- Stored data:
┌──

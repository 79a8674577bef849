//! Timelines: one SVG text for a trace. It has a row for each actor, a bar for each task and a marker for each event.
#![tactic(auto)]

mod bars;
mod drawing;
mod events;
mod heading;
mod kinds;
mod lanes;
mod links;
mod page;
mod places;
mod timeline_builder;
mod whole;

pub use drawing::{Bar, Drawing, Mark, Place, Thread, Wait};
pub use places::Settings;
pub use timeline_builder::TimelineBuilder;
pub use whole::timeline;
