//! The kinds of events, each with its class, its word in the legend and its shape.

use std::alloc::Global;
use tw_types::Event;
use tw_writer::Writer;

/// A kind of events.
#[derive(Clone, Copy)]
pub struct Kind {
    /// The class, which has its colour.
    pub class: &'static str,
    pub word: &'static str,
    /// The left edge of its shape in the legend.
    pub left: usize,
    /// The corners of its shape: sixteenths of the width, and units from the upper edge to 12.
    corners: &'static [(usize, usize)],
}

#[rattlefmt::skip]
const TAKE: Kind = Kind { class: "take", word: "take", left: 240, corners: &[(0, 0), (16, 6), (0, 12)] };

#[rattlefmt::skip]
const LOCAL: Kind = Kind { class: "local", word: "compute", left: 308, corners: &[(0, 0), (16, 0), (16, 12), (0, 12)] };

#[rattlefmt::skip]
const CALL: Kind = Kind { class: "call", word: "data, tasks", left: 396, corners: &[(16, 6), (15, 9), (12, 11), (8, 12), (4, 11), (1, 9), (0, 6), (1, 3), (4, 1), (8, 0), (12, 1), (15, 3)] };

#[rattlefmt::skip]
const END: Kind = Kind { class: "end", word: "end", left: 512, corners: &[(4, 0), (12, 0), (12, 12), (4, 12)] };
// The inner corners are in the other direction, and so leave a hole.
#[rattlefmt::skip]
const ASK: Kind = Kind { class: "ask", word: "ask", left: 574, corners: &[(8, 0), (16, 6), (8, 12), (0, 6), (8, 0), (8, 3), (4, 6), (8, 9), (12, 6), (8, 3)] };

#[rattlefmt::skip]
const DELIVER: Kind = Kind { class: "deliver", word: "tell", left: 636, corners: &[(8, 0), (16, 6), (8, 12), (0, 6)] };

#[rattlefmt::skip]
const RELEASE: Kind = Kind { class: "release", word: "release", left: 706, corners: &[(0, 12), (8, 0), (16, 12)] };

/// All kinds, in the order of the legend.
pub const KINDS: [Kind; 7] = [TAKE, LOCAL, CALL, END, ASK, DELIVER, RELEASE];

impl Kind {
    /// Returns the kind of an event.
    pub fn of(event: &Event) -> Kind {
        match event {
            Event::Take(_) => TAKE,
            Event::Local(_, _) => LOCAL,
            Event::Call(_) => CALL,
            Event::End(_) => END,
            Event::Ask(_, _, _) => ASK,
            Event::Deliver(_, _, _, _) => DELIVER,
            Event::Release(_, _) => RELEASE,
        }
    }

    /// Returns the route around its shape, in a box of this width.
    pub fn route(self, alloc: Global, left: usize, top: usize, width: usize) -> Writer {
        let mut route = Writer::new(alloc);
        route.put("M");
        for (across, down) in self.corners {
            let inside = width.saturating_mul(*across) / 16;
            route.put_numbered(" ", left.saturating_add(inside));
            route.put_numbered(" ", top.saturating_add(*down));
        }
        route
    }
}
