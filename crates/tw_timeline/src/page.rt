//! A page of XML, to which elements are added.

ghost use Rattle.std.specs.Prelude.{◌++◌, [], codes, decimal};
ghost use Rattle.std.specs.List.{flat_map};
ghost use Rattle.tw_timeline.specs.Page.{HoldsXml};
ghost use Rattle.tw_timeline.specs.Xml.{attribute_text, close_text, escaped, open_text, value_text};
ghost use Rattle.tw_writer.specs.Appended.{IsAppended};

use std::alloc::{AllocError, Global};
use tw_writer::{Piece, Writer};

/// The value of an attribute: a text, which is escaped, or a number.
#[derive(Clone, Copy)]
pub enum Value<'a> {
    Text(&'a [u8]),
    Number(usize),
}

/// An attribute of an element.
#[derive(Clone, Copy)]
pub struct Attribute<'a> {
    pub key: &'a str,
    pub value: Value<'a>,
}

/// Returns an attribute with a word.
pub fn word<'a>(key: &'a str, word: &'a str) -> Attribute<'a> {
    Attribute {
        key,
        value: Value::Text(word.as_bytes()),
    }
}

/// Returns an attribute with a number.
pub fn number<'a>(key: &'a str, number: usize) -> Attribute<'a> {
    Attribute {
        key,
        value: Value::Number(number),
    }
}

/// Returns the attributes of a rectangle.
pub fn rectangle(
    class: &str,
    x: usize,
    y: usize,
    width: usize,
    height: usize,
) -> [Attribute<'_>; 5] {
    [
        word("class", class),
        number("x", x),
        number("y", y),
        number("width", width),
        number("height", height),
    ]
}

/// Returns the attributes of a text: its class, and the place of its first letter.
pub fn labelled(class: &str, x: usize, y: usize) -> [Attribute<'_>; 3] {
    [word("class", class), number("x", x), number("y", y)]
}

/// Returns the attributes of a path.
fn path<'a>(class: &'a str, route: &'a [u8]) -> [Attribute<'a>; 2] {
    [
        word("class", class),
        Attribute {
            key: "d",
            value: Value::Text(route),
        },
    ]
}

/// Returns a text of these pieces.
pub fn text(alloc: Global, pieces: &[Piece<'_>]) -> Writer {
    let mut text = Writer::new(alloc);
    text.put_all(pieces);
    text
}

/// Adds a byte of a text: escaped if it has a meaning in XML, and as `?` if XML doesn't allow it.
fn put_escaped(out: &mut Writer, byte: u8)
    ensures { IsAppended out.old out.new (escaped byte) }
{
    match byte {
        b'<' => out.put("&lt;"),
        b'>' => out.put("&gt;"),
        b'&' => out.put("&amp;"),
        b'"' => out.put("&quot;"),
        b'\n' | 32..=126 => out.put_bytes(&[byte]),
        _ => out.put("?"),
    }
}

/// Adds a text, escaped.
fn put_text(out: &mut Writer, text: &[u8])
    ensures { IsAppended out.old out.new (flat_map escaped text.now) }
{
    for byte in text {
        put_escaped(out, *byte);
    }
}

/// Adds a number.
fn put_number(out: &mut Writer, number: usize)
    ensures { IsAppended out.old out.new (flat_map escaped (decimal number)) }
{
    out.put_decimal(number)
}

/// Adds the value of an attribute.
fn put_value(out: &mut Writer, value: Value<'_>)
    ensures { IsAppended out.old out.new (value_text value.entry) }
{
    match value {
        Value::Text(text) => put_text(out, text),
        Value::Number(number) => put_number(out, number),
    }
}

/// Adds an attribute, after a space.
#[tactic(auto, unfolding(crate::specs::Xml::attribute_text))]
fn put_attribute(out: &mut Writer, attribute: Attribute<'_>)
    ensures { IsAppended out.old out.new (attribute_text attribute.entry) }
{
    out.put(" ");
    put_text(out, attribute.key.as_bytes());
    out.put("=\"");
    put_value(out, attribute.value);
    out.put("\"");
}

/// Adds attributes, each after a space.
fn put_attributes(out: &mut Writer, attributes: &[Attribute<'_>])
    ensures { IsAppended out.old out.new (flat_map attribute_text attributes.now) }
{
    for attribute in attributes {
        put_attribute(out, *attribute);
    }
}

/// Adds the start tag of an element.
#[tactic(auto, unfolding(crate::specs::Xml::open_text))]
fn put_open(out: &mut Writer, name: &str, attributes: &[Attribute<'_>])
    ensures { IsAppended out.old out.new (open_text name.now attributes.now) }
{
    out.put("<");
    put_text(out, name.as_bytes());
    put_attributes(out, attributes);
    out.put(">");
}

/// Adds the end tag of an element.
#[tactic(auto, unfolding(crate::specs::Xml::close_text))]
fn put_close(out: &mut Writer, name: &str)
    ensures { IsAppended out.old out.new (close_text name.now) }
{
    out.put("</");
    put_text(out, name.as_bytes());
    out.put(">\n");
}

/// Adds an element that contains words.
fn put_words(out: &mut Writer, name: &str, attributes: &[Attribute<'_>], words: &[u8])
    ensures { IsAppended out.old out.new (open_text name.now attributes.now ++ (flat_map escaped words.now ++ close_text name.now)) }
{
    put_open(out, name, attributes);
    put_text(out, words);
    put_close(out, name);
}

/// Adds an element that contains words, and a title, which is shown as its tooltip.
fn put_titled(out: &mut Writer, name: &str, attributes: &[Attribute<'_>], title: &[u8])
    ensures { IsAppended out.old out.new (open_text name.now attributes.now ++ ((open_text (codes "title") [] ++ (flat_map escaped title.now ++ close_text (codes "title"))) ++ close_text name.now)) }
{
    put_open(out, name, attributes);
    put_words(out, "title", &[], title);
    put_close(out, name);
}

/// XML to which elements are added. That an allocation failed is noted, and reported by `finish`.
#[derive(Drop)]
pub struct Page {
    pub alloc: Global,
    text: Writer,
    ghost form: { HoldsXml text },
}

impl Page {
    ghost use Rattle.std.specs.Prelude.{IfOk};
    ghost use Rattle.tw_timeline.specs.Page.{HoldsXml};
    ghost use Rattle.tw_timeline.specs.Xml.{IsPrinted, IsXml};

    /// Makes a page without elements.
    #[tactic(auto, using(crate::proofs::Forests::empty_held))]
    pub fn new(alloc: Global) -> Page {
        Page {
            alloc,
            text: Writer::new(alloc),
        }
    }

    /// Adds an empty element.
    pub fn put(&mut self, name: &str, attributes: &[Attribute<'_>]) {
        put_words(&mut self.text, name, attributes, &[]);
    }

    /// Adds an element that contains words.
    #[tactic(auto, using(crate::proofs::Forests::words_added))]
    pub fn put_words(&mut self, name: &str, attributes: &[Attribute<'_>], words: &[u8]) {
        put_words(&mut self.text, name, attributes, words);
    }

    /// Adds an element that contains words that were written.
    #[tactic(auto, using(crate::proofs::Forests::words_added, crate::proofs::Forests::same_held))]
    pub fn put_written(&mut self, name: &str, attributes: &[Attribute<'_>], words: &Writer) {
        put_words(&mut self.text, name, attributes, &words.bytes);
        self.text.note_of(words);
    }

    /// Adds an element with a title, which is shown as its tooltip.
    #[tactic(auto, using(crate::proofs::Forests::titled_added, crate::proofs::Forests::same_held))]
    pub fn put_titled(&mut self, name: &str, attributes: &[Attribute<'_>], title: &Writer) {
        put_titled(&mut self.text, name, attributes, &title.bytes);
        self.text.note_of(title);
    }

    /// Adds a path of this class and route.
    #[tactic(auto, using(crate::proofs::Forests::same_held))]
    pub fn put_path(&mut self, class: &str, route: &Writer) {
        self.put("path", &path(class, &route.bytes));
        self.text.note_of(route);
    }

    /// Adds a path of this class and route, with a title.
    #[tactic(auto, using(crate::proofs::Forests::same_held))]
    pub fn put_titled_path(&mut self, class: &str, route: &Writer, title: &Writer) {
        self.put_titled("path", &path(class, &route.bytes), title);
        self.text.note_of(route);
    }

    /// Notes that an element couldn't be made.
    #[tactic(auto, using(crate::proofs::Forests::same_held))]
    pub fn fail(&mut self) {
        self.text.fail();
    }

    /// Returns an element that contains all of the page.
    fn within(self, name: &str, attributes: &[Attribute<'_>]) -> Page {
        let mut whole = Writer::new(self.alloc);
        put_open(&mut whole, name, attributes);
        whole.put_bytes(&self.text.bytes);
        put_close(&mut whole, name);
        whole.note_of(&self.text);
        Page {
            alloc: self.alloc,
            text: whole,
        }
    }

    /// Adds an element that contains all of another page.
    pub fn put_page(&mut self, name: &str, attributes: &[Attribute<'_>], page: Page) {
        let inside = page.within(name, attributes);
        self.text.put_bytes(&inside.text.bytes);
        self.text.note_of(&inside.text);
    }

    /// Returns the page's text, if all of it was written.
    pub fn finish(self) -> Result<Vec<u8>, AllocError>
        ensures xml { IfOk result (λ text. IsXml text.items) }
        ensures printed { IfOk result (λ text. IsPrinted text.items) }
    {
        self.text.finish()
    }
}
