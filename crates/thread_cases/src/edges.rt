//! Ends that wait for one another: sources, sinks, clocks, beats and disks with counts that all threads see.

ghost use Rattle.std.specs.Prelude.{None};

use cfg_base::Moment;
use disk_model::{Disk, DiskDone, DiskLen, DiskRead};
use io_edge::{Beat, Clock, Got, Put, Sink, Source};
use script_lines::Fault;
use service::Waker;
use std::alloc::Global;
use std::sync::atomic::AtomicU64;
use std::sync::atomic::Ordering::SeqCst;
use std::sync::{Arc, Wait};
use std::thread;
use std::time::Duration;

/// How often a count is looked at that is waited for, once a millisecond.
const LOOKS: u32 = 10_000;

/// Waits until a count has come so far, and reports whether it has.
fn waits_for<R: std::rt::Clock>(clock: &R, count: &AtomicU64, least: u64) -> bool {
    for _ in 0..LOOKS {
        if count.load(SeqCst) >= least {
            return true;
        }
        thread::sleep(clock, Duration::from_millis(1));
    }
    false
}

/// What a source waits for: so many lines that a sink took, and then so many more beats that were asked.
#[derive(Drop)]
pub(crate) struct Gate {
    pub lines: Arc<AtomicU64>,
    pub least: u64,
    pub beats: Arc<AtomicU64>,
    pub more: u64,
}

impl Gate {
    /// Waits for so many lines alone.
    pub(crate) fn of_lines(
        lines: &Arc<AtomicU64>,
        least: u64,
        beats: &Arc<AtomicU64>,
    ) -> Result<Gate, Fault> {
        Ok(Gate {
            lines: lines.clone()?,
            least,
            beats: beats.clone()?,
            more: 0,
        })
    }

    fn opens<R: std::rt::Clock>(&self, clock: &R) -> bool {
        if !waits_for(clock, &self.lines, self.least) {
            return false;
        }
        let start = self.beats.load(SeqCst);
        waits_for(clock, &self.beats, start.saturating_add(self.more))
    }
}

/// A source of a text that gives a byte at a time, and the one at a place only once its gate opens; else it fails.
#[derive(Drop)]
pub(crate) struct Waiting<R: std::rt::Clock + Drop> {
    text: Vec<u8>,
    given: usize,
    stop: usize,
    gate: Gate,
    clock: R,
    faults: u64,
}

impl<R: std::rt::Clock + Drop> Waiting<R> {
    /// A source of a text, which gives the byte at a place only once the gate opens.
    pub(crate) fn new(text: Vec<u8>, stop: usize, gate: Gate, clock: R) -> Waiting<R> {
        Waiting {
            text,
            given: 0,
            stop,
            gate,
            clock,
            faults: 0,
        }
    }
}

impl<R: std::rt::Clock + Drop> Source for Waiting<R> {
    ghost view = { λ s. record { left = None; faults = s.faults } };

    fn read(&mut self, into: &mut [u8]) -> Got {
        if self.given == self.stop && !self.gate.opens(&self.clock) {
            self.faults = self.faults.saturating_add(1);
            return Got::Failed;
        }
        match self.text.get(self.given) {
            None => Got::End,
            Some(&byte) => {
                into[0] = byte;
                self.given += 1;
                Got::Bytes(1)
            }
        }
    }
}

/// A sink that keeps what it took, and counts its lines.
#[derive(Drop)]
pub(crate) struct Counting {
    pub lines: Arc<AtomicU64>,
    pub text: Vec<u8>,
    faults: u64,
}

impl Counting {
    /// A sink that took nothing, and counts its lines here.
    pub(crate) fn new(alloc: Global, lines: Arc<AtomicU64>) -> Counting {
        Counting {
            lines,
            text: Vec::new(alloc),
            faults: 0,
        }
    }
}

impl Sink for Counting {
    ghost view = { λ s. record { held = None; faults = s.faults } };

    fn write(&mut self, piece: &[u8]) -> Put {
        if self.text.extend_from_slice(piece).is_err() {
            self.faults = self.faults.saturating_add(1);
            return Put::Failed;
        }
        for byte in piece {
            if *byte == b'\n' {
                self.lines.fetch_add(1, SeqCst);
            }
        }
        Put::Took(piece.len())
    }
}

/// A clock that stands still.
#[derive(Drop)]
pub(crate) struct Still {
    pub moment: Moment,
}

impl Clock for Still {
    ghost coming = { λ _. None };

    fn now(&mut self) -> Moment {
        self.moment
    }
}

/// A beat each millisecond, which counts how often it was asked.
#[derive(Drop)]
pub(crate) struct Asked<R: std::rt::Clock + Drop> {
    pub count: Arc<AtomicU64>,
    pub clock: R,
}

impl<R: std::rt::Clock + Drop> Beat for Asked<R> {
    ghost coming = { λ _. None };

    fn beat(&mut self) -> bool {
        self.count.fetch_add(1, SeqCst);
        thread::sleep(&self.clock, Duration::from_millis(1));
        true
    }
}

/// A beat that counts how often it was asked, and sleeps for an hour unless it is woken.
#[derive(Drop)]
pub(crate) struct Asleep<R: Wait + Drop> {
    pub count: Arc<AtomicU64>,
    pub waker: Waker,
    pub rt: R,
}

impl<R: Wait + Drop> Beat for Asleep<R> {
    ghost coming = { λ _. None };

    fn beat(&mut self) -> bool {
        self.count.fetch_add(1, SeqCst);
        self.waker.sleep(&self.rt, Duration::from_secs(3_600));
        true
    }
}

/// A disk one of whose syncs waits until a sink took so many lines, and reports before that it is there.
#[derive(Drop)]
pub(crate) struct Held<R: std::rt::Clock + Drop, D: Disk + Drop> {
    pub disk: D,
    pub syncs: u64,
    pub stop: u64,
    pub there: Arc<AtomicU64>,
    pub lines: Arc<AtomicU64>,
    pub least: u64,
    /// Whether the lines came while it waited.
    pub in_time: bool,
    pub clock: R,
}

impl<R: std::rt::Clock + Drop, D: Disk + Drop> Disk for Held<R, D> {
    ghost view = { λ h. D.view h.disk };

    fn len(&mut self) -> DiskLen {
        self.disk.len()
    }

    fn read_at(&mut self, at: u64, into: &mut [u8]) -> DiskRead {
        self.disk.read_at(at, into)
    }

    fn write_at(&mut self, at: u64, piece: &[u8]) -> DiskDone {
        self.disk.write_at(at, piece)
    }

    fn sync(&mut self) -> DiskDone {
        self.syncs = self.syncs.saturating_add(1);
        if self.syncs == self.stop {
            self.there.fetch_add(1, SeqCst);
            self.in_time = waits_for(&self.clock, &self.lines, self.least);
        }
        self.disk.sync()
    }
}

└──

All lines of the records containing "codes" should be shown.

- WRITTEN SOLUTION:
ghost use Rattle.std.specs.Prelude.{◌++◌, [], codes, decimal};
    ensures { IsAppended out.old out.new (open_text name.now attributes.now ++ ((open_text (codes "title") [] ++ (flat_map escaped title.now ++ close_text (codes "title"))) ++ close_text name.now)) }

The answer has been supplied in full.